For every line in the records that has the word "IsPaired", make a copy.
*** Begin section ***
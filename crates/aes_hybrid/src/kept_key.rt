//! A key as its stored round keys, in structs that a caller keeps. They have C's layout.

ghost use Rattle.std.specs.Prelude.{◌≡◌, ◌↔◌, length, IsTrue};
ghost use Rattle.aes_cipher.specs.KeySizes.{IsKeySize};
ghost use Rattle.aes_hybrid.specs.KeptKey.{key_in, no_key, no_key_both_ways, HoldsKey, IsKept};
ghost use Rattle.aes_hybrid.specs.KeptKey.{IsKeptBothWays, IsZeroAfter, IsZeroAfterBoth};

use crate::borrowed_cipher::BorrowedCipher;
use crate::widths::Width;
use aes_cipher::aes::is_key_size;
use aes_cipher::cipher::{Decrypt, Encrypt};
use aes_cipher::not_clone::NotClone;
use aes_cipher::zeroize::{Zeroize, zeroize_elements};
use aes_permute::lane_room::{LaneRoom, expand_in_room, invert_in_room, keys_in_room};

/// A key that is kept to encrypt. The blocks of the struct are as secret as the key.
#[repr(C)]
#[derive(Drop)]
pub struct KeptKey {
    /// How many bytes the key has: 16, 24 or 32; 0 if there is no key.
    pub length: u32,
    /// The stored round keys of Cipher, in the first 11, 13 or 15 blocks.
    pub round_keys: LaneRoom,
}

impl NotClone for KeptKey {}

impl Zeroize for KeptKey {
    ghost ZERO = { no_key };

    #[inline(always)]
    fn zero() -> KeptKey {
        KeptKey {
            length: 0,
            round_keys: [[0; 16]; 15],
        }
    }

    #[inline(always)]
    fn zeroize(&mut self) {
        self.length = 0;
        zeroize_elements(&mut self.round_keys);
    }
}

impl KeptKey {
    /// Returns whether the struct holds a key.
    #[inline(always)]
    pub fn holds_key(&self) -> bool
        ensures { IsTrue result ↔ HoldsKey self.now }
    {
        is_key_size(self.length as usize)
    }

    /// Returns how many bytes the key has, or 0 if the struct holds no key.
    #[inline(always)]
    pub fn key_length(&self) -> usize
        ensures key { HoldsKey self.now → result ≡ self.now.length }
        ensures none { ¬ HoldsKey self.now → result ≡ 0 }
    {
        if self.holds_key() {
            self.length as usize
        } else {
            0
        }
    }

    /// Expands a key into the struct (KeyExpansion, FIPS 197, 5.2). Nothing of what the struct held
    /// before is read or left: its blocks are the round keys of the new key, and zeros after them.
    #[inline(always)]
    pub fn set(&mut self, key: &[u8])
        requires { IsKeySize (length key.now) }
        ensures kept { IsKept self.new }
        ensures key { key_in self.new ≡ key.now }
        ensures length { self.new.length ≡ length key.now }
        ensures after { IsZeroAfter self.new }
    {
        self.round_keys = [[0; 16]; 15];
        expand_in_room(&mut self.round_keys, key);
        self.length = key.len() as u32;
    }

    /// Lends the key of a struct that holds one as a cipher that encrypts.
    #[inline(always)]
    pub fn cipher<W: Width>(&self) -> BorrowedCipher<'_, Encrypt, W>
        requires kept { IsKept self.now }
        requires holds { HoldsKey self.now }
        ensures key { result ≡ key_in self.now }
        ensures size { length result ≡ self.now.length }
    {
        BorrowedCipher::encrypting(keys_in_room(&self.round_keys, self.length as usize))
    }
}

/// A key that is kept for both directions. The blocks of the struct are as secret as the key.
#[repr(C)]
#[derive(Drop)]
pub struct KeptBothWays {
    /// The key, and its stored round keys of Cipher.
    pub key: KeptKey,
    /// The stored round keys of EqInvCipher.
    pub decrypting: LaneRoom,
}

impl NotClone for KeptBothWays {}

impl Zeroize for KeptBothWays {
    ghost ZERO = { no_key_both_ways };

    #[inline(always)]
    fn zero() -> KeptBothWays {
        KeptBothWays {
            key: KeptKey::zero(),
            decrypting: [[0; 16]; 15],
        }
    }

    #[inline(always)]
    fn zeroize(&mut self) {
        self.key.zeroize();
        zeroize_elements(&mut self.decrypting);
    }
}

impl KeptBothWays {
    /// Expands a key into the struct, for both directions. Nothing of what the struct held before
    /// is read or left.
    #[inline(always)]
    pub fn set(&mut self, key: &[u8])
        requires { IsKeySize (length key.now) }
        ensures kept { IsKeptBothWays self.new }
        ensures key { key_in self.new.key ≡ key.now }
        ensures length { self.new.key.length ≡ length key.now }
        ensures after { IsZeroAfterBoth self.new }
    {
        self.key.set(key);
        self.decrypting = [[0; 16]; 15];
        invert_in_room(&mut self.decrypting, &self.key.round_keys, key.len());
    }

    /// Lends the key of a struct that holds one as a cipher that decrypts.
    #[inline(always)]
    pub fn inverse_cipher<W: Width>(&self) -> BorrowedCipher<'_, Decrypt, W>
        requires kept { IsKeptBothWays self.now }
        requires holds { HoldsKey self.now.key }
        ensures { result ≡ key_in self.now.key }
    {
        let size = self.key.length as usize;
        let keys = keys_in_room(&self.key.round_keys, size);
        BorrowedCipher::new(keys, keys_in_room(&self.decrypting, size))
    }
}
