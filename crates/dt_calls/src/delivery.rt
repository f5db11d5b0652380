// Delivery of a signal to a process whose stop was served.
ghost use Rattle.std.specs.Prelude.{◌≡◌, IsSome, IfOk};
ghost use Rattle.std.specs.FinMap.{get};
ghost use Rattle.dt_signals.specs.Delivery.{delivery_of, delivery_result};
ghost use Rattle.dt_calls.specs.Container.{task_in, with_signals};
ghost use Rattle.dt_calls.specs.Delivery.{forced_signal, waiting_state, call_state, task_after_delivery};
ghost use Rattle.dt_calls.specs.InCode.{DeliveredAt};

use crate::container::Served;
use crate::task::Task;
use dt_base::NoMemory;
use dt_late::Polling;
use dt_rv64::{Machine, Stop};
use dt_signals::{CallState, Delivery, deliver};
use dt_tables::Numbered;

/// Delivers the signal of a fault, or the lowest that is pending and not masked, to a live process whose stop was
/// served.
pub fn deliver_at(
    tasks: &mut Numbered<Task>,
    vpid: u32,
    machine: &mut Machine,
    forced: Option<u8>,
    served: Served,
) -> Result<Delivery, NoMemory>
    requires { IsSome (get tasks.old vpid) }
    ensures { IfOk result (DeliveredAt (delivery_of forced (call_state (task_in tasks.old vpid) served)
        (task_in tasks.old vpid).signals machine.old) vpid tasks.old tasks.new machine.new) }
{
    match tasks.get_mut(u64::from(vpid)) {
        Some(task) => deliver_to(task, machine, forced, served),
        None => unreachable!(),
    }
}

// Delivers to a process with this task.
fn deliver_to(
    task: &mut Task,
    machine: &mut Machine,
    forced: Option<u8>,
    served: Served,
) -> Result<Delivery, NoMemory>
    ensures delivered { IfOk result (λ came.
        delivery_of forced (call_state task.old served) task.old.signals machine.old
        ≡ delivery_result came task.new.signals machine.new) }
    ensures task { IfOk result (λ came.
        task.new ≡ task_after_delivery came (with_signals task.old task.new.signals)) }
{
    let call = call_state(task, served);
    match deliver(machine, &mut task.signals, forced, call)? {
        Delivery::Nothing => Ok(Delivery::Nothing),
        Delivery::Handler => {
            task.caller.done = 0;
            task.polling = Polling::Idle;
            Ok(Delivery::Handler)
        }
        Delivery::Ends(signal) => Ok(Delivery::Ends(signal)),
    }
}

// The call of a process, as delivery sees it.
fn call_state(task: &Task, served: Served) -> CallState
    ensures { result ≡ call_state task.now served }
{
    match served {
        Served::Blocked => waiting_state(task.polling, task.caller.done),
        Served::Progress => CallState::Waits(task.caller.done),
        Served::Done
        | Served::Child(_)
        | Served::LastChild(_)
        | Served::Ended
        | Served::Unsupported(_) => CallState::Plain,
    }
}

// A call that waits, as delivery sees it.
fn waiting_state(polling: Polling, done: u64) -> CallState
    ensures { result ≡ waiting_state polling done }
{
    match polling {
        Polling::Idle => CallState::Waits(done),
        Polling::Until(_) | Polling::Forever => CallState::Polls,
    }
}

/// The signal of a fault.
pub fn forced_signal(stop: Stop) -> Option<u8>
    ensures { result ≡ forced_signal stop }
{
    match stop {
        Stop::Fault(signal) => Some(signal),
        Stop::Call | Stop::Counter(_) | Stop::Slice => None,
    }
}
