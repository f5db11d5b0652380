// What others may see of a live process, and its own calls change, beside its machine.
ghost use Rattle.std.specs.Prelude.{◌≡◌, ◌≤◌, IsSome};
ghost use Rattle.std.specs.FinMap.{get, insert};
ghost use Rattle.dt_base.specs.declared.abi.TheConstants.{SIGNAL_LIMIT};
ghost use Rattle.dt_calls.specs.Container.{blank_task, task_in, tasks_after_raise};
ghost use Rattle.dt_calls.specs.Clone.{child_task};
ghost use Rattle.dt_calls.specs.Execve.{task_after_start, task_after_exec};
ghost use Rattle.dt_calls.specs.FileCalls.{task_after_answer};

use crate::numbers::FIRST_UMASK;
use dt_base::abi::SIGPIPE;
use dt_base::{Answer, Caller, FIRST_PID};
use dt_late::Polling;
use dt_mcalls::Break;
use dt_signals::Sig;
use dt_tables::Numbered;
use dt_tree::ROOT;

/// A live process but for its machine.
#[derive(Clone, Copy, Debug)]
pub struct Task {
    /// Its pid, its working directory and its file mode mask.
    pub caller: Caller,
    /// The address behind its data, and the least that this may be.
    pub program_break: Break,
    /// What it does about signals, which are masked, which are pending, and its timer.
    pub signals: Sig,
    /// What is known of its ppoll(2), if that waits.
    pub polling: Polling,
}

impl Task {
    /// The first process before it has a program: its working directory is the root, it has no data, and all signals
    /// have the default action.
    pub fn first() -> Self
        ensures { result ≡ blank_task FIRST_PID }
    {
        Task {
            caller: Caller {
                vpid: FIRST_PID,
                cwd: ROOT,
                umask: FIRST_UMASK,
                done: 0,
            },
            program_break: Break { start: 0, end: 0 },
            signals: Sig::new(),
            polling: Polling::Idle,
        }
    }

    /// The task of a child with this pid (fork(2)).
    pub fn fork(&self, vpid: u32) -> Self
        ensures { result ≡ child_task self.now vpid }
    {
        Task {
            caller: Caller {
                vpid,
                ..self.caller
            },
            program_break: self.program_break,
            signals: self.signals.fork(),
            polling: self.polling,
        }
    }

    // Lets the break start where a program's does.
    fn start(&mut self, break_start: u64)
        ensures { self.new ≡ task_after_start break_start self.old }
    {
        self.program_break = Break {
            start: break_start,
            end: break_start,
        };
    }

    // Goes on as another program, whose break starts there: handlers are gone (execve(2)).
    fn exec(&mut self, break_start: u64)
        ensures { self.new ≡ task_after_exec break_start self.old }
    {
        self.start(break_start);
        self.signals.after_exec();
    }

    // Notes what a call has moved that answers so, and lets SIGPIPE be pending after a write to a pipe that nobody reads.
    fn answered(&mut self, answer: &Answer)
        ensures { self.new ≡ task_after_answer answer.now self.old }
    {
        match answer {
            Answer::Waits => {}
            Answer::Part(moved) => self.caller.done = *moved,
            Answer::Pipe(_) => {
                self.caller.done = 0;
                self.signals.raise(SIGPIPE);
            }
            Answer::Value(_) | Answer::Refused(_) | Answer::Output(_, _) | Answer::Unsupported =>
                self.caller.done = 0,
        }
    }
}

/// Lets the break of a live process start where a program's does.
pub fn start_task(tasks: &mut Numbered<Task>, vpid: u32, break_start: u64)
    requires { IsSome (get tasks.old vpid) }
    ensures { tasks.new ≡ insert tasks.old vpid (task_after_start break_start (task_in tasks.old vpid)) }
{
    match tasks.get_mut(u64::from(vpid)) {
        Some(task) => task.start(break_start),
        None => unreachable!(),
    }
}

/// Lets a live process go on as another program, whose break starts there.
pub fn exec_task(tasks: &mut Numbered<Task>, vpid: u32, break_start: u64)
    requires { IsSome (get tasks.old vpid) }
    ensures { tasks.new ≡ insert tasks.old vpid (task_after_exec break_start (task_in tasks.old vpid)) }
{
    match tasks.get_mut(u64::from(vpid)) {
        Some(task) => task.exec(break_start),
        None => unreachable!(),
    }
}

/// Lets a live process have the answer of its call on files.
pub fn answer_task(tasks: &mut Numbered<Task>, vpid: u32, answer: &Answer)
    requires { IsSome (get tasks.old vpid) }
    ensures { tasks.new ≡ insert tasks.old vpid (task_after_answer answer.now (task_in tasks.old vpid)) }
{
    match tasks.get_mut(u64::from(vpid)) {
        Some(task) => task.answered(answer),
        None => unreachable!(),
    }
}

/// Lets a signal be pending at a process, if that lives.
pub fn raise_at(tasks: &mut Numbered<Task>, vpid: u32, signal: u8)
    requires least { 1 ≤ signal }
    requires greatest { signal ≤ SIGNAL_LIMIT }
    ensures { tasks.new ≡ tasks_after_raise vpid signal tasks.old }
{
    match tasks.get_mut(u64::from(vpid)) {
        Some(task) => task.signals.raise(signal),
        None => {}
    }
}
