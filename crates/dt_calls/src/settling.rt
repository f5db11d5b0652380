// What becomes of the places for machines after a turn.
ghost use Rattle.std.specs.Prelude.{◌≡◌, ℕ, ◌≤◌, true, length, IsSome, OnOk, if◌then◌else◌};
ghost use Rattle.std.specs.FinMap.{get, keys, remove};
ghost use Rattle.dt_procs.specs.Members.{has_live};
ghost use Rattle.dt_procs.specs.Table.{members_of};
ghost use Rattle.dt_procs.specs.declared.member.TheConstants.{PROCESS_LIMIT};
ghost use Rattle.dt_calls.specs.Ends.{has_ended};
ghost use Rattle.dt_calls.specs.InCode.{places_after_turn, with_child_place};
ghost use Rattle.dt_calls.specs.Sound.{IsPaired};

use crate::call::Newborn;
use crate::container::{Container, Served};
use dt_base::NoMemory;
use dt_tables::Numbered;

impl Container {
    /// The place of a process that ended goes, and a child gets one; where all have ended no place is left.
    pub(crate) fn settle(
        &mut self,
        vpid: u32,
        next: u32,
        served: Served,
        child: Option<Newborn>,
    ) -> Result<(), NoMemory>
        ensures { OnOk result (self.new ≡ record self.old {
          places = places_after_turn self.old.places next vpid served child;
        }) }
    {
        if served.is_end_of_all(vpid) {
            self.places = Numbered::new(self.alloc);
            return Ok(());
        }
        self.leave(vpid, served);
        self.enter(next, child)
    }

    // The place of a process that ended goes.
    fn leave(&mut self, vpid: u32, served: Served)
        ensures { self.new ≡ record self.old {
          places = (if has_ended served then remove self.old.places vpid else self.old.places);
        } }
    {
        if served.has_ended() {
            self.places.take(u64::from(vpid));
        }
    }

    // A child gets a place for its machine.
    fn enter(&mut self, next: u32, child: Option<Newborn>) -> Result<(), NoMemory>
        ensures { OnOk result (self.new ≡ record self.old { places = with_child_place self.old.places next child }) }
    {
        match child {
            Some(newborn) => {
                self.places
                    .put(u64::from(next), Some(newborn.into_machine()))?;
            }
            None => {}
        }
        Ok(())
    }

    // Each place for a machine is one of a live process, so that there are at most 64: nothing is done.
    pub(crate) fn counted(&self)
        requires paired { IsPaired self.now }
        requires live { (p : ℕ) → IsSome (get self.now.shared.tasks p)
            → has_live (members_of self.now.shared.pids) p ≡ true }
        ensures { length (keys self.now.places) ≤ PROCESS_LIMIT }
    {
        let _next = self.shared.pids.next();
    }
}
*** End section ***
REPLY
ghost use Rattle.dt_calls.specs.Sound.{IsPaired};
        requires paired { IsPaired self.now }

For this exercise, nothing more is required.